* **Activity**:
Your answer should restate each line of the data below word for word.
**** The records
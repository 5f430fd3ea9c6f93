//! Listing a folder, name by name.

ghost use Rattle.std.specs.Prelude.{◌≡◌, true, IfSome, IsSome};
ghost use Rattle.std.specs.Option.{option_map};
ghost use Rattle.std.specs.List.{filter};
ghost use Rattle.std.specs.List.Sorted.{IsStrictlySortedBy};
ghost use Rattle.std.specs.Map.{keys_of};
ghost use Rattle.rd_tree.specs.Nodes.{key_cmp, kind_of, places_of, IsSoundTree};
ghost use Rattle.rd_dirinfo.specs.Naming.{seen};
ghost use Rattle.rd_dirinfo.specs.Patterns.{is_wanted};
ghost use Rattle.rd_tree.specs.Places.{next_name};
ghost use Rattle.rd_tree.specs.Nodes.{first_in, names_in};

use crate::keys::fold_into;
use crate::node::Node;
use crate::nodes::MOST_NAME_UNITS;
use rd_base::Units;
use rd_dirinfo::{Naming, Pattern};
use slab::Slab;
use std::collections::BTreeMap;
use std::collections::btree_map::Range;
use std::ops::Bound;

/// Whether a name matches a pattern and comes after another one, if one is given.
fn is_wanted(naming: Naming, after: Option<&Units>, pattern: &Pattern, name: &[u16]) -> bool
    ensures { result ≡ is_wanted naming (option_map (λ other. other.now) after.entry) pattern.now name.now }
{
    match after {
        Some(other) => {
            naming.compare(other.as_slice(), name).is_lt() && pattern.matches(naming, name)
        }
        None => pattern.matches(naming, name),
    }
}

/// The key that a folder keeps, if it has this one.
fn stored<'a>(children: &'a BTreeMap<Vec<u16>, usize>, key: &[u16]) -> Option<&'a Vec<u16>>
    ensures { IfSome result (λ kept. kept.now.items ≡ key.now) }
{
    match children.get_key_value(key) {
        Some((kept, _)) => Some(kept),
        None => None,
    }
}

/// The key that a folder keeps of a name, if it has it.
fn stored_name<'a>(
    children: &'a BTreeMap<Vec<u16>, usize>,
    naming: Naming,
    name: &[u16],
) -> Option<&'a Vec<u16>>
    ensures { IfSome result (λ kept. kept.now.items ≡ seen naming name.now) }
{
    if name.len() > MOST_NAME_UNITS {
        return None;
    }
    match naming {
        Naming::Exact => stored(children, name),
        Naming::Folded => {
            let mut buffer = [0u16; MOST_NAME_UNITS];
            fold_into(name, &mut buffer);
            stored(children, &buffer[..name.len()])
        }
    }
}

/// The first name of some entries that is wanted.
fn first_wanted<'a>(
    nodes: &'a Slab<Node>,
    entries: Range<'_, Vec<u16>, usize>,
    naming: Naming,
    after: Option<&Units>,
    pattern: &Pattern,
) -> Option<&'a Units>
    ensures { option_map (λ name. name.now) result ≡ first_in (is_wanted naming (option_map (λ other. other.now) after.entry) pattern.now) (names_in nodes.now entries.entry) }
{
    for (_, child) in entries {
        if let Some(node) = nodes.get(*child) {
            if is_wanted(naming, after, pattern, node.name.as_slice()) {
                return Some(&node.name);
            }
        }
    }
    None
}

/// All entries of a folder.
fn all(children: &BTreeMap<Vec<u16>, usize>) -> Range<'_, Vec<u16>, usize>
    ensures all { result ≡ filter (λ _. true) children.now.entries }
    ensures ordered { IsStrictlySortedBy key_cmp (keys_of children.now.entries) }
{
    children.range(..)
}

/// The first name of a folder's children that is wanted.
pub fn next_name<'a>(
    nodes: &'a Slab<Node>,
    naming: Naming,
    folder: usize,
    after: Option<&Units>,
    pattern: &Pattern,
) -> Option<&'a Units>
    requires sound { IsSoundTree naming nodes.now }
    requires live { IsSome (kind_of nodes.now folder) }
    ensures { option_map (λ name. name.now) result ≡ next_name (places_of naming nodes.now) folder (option_map (λ other. other.now) after.entry) pattern.now }
{
    let Some(folder) = nodes.get(folder) else {
        unreachable!()
    };
    let children = &folder.children;
    match after {
        Some(other) => match stored_name(children, naming, other.as_slice()) {
            Some(key) => {
                let rest = children.range((Bound::Excluded(key), Bound::Unbounded));
                first_wanted(nodes, rest, naming, after, pattern)
            }
            None => first_wanted(nodes, all(children), naming, after, pattern),
        },
        None => first_wanted(nodes, all(children), naming, after, pattern),
    }
}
********
* **Completed exercise**:
repository 5f430fd3ea9c6f93
//! Listing a folder, name by name.

ghost use Rattle.std.specs.Prelude.{◌≡◌, true, IfSome, IsSome};
ghost use Rattle.std.specs.Option.{option_map};
ghost use Rattle.std.specs.List.{filter};
ghost use Rattle.std.specs.List.Sorted.{IsStrictlySortedBy};
ghost use Rattle.std.specs.Map.{keys_of};
ghost use Rattle.rd_tree.specs.Nodes.{key_cmp, kind_of, places_of, IsSoundTree};
ghost use Rattle.rd_dirinfo.specs.Naming.{seen};
ghost use Rattle.rd_dirinfo.specs.Patterns.{is_wanted};
ghost use Rattle.rd_tree.specs.Places.{next_name};
ghost use Rattle.rd_tree.specs.Nodes.{first_in, names_in};

use crate::keys::fold_into;
use crate::node::Node;
use crate::nodes::MOST_NAME_UNITS;
use rd_base::Units;
use rd_dirinfo::{Naming, Pattern};
use slab::Slab;
use std::collections::BTreeMap;
use std::collections::btree_map::Range;
use std::ops::Bound;

/// Whether a name matches a pattern and comes after another one, if one is given.
fn is_wanted(naming: Naming, after: Option<&Units>, pattern: &Pattern, name: &[u16]) -> bool
    ensures { result ≡ is_wanted naming (option_map (λ other. other.now) after.entry) pattern.now name.now }
{
    match after {
        Some(other) => {
            naming.compare(other.as_slice(), name).is_lt() && pattern.matches(naming, name)
        }
        None => pattern.matches(naming, name),
    }
}

/// The key that a folder keeps, if it has this one.
fn stored<'a>(children: &'a BTreeMap<Vec<u16>, usize>, key: &[u16]) -> Option<&'a Vec<u16>>
    ensures { IfSome result (λ kept. kept.now.items ≡ key.now) }
{
    match children.get_key_value(key) {
        Some((kept, _)) => Some(kept),
        None => None,
    }
}

/// The key that a folder keeps of a name, if it has it.
fn stored_name<'a>(
    children: &'a BTreeMap<Vec<u16>, usize>,
    naming: Naming,
    name: &[u16],
) -> Option<&'a Vec<u16>>
    ensures { IfSome result (λ kept. kept.now.items ≡ seen naming name.now) }
{
    if name.len() > MOST_NAME_UNITS {
        return None;
    }
    match naming {
        Naming::Exact => stored(children, name),
        Naming::Folded => {
            let mut buffer = [0u16; MOST_NAME_UNITS];
            fold_into(name, &mut buffer);
            stored(children, &buffer[..name.len()])
        }
    }
}

/// The first name of some entries that is wanted.
fn first_wanted<'a>(
    nodes: &'a Slab<Node>,
    entries: Range<'_, Vec<u16>, usize>,
    naming: Naming,
    after: Option<&Units>,
    pattern: &Pattern,
) -> Option<&'a Units>
    ensures { option_map (λ name. name.now) result ≡ first_in (is_wanted naming (option_map (λ other. other.now) after.entry) pattern.now) (names_in nodes.now entries.entry) }
{
    for (_, child) in entries {
        if let Some(node) = nodes.get(*child) {
            if is_wanted(naming, after, pattern, node.name.as_slice()) {
                return Some(&node.name);
            }
        }
    }
    None
}

/// All entries of a folder.
fn all(children: &BTreeMap<Vec<u16>, usize>) -> Range<'_, Vec<u16>, usize>
    ensures all { result ≡ filter (λ _. true) children.now.entries }
    ensures ordered { IsStrictlySortedBy key_cmp (keys_of children.now.entries) }
{
    children.range(..)
}

/// The first name of a folder's children that is wanted.
pub fn next_name<'a>(
    nodes: &'a Slab<Node>,
    naming: Naming,
    folder: usize,
    after: Option<&Units>,
    pattern: &Pattern,
) -> Option<&'a Units>
    requires sound { IsSoundTree naming nodes.now }
    requires live { IsSome (kind_of nodes.now folder) }
    ensures { option_map (λ name. name.now) result ≡ next_name (places_of naming nodes.now) folder (option_map (λ other. other.now) after.entry) pattern.now }
{
    let Some(folder) = nodes.get(folder) else {
        unreachable!()
    };
    let children = &folder.children;
    match after {
        Some(other) => match stored_name(children, naming, other.as_slice()) {
            Some(key) => {
                let rest = children.range((Bound::Excluded(key), Bound::Unbounded));
                first_wanted(nodes, rest, naming, after, pattern)
            }
            None => first_wanted(nodes, all(children), naming, after, pattern),
        },
        None => first_wanted(nodes, all(children), naming, after, pattern),
    }
}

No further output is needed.